How do you find the sensitivity and specificity of a confusion matrix?

How do you find the sensitivity and specificity of a confusion matrix?

Sensitivity (SN) is calculated as the number of correct positive predictions divided by the total number of positives. It is also called recall (REC) or true positive rate (TPR). The best sensitivity is 1.0, whereas the worst is 0.0.

What is sensitivity and specificity in R?

The sensitivity is defined as the proportion of positive results out of the number of samples which were actually positive. Similarly, when there are no negative results, specificity is not defined and a value of NA is returned. Similar statements are true for predictive values.

How is sensitivity and specificity measured in caret?

As shown below, another function called twoClassSummary can be used to get the sensitivity and specificity using the default probability cutoff. Another function, multiClassSummary, can do similar calculations when there are three or more classes but both require class probabilities for each class.

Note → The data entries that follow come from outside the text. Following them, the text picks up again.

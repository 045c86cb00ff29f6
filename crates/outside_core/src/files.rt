ghost use Rattle.std.specs.Prelude.{◌≡◌, ℕ, List, [], ◌++◌, ◌<◌, ◌≤◌, ◌↔◌, Bool, false, Option, Some, None, length, take, is_ok, is_none, IsTrue, IfOk, OnOk, OnErr};
ghost use Rattle.outside_core.specs.Counts.{count_end, count_after, count_if};

use crate::failed::Failed;

/// Files by their names, of which at most one is open at a time.
pub trait Files {
    /// How many calls failed so far. The number stands still at 2^64 - 1.
    ghost faults: { Self → ℕ };

    /// Whether a file is open.
    ghost is_open: { Self → Bool };

    /// Whether the files tell their content. It is a matter of the type.
    ghost tells: { Bool } = { false };

    /// The bytes of a name, or that it is absent. No call changes them.
    ghost content: { Self → List ℕ → Option (List ℕ) } = { λ _ _. None };

    /// The bytes left of the open file.
    ghost left: { Self → List ℕ } = { λ _. [] };

    /// How many times an absent name was to be opened. The number stands still at 2^64 - 1.
    ghost absent_opens: { Self → ℕ } = { λ _. 0 };

    /// Opens the file of this name; one that was open is open no more. An absent name is `Failed`,
    /// and after `Failed` no file is open.
    fn open_file(&mut self, name: &str) -> Result<(), Failed>
        ensures counted { faults self.new ≡ count_after result (faults self.old) }
        ensures bounded { faults self.new ≤ count_end }
        ensures opened { is_open self.new ≡ is_ok result }
        ensures found { OnOk result (IsTrue tells →
            content self.old name.now ≡ Some (left self.new)) }
        ensures absent { IsTrue tells → absent_opens self.new
            ≡ count_if (is_none (content self.old name.now)) (absent_opens self.old) }
        ensures absent_bounded { absent_opens self.new ≤ count_end }
        ensures kept { content self.new ≡ content self.old };

    /// Reads bytes of the open file to the front of `into`, and answers how many. Where `into` has
    /// room, 0 means the end. What stands behind them in `into` is not said. The file stays open,
    /// and after `Failed` it has the same bytes left.
    fn read(&mut self, into: &mut [u8]) -> Result<usize, Failed>
        requires { IsTrue (is_open self.old) }
        ensures counted { faults self.new ≡ count_after result (faults self.old) }
        ensures bounded { faults self.new ≤ count_end }
        ensures stays_open { IsTrue (is_open self.new) }
        ensures within { IfOk result (λ n. n ≤ length into.new) }
        ensures given { IfOk result (λ n. IsTrue tells →
            left self.old ≡ take n into.new ++ left self.new) }
        ensures end { IfOk result (λ n. IsTrue tells →
            0 < length into.old → ((n ≡ 0) ↔ (left self.old ≡ []))) }
        ensures failed { OnErr result (left self.new ≡ left self.old) }
        ensures absent { absent_opens self.new ≡ absent_opens self.old }
        ensures kept { content self.new ≡ content self.old };
}
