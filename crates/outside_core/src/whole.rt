ghost use Rattle.std.specs.Prelude.{◌≡◌, ◌+◌, ◌++◌, ◌≤◌, [], length, vec_len, IsTrue, IfOk, OnOk, OnErr, IsErrOf};
ghost use Rattle.outside_core.specs.Counts.{count_after};
ghost use Rattle.outside_core.specs.Bytes.{TakesFront, GivesAtMost};
ghost use Rattle.outside_core.specs.Reading.{count_after_reading};

use crate::failed::WriteFault;
use crate::files::Files;
use crate::read_error::ReadError;
use crate::sink::Sink;
use std::alloc::Global;

/// How many bytes a read asks for at most.
const PIECE: usize = 4096;

/// Reads what is left of the open file, which may be `limit` bytes at most. It stops at the end, at
/// the first refusal, and after one byte more than the limit, which is `TooLong`. However it ends,
/// it has taken one byte more than the limit at most, and what it did not take is left.
pub fn read_whole<F: Files>(
    alloc: Global,
    files: &mut F,
    limit: usize,
) -> Result<Vec<u8>, ReadError>
    requires { IsTrue (F.is_open files.old) }
    ensures counted { F.faults files.new ≡ count_after_reading result (F.faults files.old) }
    ensures within { IfOk result (λ bytes. vec_len bytes ≤ limit) }
    ensures whole { IfOk result (λ bytes. IsTrue F.tells → bytes.items ≡ F.left files.old) }
    ensures end { OnOk result (IsTrue F.tells → F.left files.new ≡ []) }
    ensures too_long { IsErrOf result ReadError.TooLong → IsTrue F.tells →
        length (F.left files.old) ≡ limit + 1 + length (F.left files.new) }
    ensures taken { IsTrue F.tells → GivesAtMost (limit + 1) (F.left files.old) (F.left files.new) }
    ensures stays_open { IsTrue (F.is_open files.new) }
    ensures absent { F.absent_opens files.new ≡ F.absent_opens files.old }
    ensures kept { F.content files.new ≡ F.content files.old }
{
    let mut bytes = Vec::new(alloc);
    let mut piece = [0; PIECE];
    while bytes.len() <= limit {
        let room = (limit - bytes.len()).min(PIECE - 1) + 1;
        let count = files.read(&mut piece[..room])?;
        if count == 0 {
            return Ok(bytes);
        }
        bytes.extend_from_slice(&piece[..count])?;
    }
    Err(ReadError::TooLong)
}

/// Writes all bytes, in as many pieces as the sink wants. It stops at the first refusal.
#[tactic(auto, using(crate::proofs::Fronts::front_more))]
pub fn write_whole<S: Sink>(sink: &mut S, bytes: &[u8]) -> Result<(), WriteFault>
    ensures counted { S.faults sink.new ≡ count_after result (S.faults sink.old) }
    ensures taken { OnOk result (IsTrue S.tells →
        S.taken sink.new ≡ S.taken sink.old ++ bytes.now) }
    ensures front { OnErr result (IsTrue S.tells →
        TakesFront (S.taken sink.old) (S.taken sink.new) bytes.now) }
{
    let mut done = 0;
    while done < bytes.len() {
        done += sink.write(&bytes[done..])?;
    }
    Ok(())
}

Which is the default metric in caret-PPV?

The default metric printed is accuracy and Cohen kappa. I want to extract the matching metrics like sensitivity, specificity, positive predictive value etc. but I cannot find an easy way to do it. The final model is provided but it is trained on all the data (as far as I can tell from documentation), so I cannot use it for predicting anew.

What is the function for two classes in caret?

For two classes, this function assumes that the class corresponding to an event is the first class level (but this can be changed using the positive argument. Note that there are a number of statistics shown here.

How is sensitivity calculated in a three class problem?

For example, in a three class problem, the sensitivity of the first class is calculated against all the samples in the second and third classes (and so on). The confusionMatrix matrix frames the errors in terms of sensitivity and specificity. In the case of information retrieval, the precision and recall might be more appropriate.